Start of Input records

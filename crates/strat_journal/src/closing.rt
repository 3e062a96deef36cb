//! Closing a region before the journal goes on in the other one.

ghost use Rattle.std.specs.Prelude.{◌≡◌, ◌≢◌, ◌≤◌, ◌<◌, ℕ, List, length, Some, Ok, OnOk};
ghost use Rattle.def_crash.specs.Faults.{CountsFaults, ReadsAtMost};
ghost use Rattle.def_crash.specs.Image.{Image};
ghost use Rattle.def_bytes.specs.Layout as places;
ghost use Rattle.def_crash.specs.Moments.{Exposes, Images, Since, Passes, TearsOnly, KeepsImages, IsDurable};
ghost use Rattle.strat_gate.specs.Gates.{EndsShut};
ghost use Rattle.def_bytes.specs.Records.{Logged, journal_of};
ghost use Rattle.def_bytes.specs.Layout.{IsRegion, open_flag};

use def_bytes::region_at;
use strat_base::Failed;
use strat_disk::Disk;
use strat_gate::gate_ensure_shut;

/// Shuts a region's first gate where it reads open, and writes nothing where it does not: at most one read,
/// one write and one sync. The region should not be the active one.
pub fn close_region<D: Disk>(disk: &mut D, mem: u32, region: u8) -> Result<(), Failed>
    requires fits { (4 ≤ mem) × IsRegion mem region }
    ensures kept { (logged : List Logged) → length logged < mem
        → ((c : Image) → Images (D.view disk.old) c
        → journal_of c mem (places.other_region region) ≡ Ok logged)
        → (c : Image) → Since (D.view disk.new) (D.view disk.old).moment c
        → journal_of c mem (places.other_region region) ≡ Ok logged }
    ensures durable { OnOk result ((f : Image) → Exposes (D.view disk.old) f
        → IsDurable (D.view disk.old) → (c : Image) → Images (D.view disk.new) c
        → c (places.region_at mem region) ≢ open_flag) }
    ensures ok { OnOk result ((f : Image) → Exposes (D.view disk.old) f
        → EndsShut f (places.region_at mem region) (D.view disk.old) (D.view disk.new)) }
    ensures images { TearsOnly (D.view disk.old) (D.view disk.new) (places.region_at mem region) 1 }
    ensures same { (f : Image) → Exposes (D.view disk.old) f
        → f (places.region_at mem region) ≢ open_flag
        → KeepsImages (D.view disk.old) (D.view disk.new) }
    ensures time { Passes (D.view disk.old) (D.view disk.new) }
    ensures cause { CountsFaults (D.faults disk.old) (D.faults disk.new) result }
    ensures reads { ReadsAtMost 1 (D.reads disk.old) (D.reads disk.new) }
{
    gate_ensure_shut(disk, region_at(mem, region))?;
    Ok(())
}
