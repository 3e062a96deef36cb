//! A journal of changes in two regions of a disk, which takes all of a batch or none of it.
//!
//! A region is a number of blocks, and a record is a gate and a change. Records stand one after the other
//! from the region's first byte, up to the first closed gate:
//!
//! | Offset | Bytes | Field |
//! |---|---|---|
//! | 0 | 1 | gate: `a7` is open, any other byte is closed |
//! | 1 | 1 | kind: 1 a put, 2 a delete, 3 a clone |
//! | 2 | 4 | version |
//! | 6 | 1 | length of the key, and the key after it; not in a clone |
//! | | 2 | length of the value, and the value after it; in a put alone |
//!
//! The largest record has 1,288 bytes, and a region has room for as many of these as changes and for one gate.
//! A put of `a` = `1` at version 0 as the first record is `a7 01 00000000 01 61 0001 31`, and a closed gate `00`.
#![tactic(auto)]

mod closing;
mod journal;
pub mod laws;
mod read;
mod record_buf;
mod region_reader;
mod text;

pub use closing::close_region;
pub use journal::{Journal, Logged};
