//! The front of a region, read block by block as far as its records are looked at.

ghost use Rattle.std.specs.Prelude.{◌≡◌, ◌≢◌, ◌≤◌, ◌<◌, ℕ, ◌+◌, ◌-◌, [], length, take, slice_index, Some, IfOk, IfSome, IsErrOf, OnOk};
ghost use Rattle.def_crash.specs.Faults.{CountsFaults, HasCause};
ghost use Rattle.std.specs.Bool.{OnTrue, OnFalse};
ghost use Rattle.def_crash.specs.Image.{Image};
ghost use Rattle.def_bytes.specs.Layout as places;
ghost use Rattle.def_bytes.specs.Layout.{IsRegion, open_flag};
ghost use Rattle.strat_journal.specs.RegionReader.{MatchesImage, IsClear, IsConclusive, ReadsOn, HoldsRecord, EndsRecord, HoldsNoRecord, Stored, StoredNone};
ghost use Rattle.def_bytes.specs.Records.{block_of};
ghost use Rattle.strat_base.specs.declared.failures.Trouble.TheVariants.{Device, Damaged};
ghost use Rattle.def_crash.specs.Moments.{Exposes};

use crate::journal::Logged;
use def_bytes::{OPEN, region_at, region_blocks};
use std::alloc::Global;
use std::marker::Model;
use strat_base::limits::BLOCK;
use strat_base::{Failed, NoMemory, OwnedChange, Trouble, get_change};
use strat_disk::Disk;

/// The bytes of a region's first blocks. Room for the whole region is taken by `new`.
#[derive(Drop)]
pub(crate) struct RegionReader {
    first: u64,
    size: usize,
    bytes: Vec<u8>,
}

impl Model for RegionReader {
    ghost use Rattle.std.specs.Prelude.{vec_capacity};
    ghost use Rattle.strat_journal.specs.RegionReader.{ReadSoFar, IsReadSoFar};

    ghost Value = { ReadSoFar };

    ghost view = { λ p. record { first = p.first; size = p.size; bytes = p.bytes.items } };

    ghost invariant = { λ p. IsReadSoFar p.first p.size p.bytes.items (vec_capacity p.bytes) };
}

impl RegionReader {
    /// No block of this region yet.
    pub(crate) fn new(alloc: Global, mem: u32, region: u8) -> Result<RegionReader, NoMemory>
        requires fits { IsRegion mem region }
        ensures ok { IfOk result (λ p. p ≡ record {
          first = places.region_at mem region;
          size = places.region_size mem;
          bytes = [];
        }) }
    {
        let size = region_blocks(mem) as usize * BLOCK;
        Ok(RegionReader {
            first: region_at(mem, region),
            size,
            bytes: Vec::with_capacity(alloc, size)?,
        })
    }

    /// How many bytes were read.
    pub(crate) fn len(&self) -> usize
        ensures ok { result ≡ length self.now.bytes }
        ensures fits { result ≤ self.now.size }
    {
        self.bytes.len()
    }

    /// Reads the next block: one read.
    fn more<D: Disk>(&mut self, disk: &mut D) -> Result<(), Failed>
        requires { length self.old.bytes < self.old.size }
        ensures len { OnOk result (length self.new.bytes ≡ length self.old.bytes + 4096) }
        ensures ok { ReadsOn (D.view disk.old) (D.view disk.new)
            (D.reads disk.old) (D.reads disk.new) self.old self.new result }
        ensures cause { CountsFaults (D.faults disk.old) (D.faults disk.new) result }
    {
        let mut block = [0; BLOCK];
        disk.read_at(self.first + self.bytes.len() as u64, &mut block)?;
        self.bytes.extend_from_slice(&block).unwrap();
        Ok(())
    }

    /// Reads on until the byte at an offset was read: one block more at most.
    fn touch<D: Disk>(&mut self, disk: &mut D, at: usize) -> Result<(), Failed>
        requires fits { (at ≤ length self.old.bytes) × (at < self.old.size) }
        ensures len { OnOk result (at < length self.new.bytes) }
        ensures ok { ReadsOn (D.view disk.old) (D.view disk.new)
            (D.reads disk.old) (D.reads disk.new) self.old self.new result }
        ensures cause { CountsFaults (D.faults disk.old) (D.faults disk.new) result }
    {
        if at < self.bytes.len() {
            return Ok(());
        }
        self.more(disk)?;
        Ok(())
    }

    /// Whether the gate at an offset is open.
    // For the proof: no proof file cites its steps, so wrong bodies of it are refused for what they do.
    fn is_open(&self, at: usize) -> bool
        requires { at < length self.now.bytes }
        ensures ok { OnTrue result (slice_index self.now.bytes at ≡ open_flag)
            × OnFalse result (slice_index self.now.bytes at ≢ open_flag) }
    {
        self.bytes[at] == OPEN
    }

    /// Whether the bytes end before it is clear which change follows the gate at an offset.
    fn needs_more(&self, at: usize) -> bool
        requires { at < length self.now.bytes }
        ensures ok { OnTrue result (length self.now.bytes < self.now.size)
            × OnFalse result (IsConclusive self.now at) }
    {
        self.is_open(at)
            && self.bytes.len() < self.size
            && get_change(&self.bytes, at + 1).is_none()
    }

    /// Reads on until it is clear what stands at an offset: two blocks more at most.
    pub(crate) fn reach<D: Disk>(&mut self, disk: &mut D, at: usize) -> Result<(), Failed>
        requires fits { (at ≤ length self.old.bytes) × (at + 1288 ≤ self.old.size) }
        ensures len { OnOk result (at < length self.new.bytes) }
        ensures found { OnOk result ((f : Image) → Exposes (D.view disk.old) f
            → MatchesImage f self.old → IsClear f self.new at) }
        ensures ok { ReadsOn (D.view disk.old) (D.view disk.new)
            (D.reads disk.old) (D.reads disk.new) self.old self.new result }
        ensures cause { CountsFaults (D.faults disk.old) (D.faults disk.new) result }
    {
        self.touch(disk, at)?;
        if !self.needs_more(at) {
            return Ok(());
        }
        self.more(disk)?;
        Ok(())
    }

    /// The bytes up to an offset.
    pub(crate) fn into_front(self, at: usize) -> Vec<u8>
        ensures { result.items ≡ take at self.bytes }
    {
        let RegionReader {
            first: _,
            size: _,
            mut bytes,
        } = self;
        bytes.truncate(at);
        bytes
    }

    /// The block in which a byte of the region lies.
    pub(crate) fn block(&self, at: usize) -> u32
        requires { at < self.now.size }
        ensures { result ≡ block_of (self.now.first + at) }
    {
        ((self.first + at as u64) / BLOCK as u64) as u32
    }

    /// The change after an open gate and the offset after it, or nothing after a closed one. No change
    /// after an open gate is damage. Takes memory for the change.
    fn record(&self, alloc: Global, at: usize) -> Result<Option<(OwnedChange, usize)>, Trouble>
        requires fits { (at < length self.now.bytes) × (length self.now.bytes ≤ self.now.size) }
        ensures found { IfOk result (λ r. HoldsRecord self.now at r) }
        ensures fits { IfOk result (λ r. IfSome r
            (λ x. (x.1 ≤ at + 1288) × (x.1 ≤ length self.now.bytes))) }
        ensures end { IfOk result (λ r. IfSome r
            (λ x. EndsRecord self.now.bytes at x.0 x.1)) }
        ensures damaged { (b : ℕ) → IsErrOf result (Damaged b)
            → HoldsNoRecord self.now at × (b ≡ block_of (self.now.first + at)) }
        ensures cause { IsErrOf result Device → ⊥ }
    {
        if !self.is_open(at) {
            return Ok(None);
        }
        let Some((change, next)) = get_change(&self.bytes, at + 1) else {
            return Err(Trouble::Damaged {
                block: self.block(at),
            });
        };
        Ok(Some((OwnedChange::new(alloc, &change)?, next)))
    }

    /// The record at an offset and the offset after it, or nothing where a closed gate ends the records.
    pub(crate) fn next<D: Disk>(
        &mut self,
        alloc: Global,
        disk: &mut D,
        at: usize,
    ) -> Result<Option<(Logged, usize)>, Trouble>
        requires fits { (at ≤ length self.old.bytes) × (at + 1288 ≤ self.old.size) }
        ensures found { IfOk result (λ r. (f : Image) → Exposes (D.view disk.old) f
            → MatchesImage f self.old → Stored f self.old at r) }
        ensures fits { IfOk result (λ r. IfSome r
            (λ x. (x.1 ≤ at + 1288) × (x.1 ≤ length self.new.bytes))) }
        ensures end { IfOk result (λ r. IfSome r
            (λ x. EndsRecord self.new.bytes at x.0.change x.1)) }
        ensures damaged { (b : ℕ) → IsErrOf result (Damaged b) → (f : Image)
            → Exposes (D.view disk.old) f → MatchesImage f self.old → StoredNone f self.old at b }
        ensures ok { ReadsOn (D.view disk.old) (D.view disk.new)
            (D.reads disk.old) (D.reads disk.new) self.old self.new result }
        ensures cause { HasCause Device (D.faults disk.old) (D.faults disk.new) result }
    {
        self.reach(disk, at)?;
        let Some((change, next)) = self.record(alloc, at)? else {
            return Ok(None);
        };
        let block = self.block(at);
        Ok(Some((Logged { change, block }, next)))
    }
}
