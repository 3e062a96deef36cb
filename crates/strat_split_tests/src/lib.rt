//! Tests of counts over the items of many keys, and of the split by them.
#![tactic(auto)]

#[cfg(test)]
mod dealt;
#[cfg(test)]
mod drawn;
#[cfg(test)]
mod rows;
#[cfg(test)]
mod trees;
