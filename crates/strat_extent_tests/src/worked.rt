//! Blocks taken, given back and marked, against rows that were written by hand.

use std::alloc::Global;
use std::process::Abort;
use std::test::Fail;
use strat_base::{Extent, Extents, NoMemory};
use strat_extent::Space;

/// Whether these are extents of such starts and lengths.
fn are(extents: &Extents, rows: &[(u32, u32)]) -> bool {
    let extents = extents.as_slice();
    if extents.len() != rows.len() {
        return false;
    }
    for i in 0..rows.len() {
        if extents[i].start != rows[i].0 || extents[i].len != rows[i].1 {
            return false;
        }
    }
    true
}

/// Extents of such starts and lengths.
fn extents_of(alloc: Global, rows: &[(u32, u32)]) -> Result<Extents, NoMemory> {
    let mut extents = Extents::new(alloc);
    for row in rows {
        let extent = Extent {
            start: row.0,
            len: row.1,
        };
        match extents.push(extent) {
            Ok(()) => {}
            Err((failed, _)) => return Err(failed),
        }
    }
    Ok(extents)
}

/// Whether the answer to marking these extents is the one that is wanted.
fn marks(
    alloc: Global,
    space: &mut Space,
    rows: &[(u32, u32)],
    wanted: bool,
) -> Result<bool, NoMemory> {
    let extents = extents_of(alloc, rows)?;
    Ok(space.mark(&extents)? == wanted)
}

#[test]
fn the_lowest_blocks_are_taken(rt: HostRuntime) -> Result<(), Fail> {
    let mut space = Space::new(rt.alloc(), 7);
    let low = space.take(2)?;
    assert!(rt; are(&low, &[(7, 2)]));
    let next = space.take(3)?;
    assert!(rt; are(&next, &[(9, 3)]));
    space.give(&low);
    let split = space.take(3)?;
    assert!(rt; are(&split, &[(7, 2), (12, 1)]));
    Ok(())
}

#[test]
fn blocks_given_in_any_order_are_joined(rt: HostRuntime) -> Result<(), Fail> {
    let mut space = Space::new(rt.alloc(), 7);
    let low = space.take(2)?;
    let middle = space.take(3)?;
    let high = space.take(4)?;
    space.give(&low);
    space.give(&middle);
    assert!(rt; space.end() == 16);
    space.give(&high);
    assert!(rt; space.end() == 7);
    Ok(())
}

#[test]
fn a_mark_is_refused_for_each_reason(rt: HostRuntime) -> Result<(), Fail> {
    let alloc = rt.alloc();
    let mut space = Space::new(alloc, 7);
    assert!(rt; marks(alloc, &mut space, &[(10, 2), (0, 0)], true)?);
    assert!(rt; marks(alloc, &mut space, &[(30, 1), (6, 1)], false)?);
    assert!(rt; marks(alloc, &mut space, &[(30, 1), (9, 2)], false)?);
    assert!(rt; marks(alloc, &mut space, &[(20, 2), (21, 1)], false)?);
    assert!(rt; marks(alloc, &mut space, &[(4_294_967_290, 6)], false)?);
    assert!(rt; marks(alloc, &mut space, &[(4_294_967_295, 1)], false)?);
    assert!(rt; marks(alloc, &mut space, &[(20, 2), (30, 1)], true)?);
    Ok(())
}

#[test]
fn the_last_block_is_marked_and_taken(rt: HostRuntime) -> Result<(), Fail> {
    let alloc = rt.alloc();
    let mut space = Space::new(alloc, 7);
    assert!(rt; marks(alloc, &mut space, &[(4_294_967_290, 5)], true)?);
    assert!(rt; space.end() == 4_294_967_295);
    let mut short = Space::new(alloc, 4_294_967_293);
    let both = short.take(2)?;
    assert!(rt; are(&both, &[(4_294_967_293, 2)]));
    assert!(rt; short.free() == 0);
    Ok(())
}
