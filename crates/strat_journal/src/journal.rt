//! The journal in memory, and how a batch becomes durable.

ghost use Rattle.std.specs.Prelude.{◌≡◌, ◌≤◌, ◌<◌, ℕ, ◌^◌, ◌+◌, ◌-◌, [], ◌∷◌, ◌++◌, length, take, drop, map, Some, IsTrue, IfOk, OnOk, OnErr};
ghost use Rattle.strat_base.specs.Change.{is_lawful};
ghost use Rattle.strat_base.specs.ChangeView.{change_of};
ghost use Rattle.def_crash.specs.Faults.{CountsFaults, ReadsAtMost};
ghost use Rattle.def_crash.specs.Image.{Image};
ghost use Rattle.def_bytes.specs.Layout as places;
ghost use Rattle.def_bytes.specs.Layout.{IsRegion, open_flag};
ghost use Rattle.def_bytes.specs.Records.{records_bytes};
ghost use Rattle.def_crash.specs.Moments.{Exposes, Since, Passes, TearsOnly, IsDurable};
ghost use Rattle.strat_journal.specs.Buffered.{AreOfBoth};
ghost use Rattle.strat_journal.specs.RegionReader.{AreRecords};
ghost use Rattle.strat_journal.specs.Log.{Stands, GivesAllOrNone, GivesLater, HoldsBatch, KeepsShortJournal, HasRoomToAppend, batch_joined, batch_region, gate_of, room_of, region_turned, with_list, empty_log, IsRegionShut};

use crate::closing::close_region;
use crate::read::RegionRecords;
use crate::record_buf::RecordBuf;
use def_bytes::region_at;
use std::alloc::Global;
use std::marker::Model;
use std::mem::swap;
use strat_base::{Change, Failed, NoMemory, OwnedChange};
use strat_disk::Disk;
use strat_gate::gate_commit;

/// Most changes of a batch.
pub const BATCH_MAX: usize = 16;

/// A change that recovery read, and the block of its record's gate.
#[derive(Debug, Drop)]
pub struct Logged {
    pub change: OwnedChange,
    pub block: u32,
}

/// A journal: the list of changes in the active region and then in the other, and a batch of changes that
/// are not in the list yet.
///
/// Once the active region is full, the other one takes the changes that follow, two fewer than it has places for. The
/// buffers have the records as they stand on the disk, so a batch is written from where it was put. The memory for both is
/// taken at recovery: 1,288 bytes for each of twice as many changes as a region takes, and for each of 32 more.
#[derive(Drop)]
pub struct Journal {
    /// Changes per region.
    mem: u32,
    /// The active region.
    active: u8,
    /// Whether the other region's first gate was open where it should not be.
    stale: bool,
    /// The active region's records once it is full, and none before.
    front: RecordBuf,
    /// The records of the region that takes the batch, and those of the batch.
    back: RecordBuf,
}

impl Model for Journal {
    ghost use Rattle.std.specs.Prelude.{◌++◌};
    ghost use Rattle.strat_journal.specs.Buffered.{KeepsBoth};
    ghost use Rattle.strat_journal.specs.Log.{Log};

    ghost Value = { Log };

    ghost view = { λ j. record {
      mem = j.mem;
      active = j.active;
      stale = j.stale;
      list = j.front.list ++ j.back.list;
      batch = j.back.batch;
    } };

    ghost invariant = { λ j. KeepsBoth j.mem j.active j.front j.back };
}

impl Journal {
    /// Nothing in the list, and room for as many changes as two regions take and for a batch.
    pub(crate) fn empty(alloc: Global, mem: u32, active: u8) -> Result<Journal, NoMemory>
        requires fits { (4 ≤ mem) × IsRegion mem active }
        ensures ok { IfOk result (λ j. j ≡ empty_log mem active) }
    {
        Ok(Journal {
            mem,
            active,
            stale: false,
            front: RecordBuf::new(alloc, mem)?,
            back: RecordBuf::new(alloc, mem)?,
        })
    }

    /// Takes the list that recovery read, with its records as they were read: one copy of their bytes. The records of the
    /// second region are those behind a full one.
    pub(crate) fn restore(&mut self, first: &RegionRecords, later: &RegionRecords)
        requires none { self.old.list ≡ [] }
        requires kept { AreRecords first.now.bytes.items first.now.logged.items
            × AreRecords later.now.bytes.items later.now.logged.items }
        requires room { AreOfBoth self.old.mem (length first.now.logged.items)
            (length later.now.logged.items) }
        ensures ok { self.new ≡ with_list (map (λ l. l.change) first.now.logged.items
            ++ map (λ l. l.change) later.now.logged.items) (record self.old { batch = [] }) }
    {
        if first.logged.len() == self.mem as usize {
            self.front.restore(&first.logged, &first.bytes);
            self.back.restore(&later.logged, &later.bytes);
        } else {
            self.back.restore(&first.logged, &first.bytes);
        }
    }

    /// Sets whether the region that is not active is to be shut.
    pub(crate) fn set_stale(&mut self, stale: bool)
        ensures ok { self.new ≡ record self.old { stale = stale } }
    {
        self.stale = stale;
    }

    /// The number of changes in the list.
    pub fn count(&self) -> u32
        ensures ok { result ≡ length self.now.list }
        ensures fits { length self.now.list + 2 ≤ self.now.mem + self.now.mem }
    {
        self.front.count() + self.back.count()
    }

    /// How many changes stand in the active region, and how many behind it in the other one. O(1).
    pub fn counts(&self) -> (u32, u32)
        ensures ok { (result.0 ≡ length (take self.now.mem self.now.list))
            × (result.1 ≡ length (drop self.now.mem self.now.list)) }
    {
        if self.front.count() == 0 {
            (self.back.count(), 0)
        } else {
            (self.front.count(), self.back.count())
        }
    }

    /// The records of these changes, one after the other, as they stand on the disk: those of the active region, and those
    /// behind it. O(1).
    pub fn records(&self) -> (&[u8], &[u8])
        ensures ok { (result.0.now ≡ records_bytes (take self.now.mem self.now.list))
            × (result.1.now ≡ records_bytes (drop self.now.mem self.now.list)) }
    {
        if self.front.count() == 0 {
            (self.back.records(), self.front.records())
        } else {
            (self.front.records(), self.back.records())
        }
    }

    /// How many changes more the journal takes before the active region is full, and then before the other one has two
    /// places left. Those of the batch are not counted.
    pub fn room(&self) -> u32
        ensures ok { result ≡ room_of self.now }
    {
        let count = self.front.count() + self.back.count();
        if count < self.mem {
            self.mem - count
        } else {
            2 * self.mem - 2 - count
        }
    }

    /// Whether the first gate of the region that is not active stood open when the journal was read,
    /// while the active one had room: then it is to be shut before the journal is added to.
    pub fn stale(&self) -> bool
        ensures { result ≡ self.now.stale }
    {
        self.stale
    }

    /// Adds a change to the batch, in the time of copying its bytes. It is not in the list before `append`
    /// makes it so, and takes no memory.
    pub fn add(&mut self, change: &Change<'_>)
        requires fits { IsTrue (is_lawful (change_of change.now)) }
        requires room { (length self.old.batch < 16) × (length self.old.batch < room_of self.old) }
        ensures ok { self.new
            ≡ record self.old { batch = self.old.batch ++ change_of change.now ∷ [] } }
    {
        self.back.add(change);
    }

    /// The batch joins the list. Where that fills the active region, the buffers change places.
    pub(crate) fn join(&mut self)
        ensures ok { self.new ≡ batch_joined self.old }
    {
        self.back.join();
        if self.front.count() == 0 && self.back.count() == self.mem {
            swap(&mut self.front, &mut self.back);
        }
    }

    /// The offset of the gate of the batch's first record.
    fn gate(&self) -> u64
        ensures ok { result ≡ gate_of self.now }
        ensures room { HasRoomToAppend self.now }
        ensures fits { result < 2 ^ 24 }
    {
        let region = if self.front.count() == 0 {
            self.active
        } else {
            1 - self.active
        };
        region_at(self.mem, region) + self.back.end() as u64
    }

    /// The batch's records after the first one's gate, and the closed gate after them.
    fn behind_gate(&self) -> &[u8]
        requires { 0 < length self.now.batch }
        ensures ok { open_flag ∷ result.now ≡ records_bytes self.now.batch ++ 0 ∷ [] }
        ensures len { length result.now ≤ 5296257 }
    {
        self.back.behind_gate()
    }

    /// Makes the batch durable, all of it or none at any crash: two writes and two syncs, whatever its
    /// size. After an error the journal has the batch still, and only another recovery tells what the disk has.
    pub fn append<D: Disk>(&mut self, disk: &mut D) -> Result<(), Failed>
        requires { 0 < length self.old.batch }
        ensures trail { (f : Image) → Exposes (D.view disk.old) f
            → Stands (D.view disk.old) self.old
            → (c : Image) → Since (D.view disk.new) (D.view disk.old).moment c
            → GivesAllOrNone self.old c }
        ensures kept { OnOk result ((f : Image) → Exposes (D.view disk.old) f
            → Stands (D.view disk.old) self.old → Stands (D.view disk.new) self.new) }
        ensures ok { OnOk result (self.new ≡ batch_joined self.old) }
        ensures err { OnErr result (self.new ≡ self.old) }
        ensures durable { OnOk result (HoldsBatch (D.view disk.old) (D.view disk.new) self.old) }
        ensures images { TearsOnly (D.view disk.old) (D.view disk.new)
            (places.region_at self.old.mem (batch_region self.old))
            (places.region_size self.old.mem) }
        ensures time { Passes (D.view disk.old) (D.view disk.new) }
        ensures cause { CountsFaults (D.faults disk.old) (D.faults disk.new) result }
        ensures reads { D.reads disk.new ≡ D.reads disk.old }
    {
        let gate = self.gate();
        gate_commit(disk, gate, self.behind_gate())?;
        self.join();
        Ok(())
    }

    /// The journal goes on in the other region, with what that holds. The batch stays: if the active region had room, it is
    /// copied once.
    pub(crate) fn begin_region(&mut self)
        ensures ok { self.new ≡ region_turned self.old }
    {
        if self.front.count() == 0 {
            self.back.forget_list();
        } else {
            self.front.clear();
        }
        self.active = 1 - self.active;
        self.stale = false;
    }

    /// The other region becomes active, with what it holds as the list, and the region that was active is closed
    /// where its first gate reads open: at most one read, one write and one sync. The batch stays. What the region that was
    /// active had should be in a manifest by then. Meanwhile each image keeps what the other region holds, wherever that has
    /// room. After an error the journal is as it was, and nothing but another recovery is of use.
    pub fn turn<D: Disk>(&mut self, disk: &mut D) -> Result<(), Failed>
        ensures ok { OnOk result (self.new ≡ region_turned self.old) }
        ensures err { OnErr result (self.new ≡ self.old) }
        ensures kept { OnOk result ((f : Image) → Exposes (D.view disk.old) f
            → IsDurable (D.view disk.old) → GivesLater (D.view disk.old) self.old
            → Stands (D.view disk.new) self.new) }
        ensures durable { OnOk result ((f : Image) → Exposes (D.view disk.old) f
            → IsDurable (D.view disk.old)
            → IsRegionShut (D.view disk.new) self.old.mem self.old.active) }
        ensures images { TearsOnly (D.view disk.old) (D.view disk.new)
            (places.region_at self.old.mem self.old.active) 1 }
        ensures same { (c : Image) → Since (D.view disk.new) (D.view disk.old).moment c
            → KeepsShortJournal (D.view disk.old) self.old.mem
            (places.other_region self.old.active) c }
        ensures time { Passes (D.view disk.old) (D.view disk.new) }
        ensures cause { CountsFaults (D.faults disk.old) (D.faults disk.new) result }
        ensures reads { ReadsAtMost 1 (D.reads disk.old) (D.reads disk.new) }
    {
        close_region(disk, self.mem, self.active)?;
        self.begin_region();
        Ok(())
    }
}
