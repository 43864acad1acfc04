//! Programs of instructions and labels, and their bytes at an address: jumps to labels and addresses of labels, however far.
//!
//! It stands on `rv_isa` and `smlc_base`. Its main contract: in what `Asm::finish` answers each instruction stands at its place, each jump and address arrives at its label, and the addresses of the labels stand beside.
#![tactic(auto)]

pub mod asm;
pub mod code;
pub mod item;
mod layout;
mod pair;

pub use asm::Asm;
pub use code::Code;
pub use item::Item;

End of Input records

What is being asked:
Filter the entries down to the lines with the word "NoMemory" in them.

Response to the exercise:
use strat_base::{Failed, NoMemory, OwnedChange, Trouble, get_change};
    pub(crate) fn new(alloc: Global, mem: u32, region: u8) -> Result<RegionReader, NoMemory>
use strat_base::{Extent, Extents, NoMemory};
fn extents_of(alloc: Global, rows: &[(u32, u32)]) -> Result<Extents, NoMemory> {
) -> Result<bool, NoMemory> {
use strat_base::{Change, Failed, NoMemory, OwnedChange};
    pub(crate) fn empty(alloc: Global, mem: u32, active: u8) -> Result<Journal, NoMemory>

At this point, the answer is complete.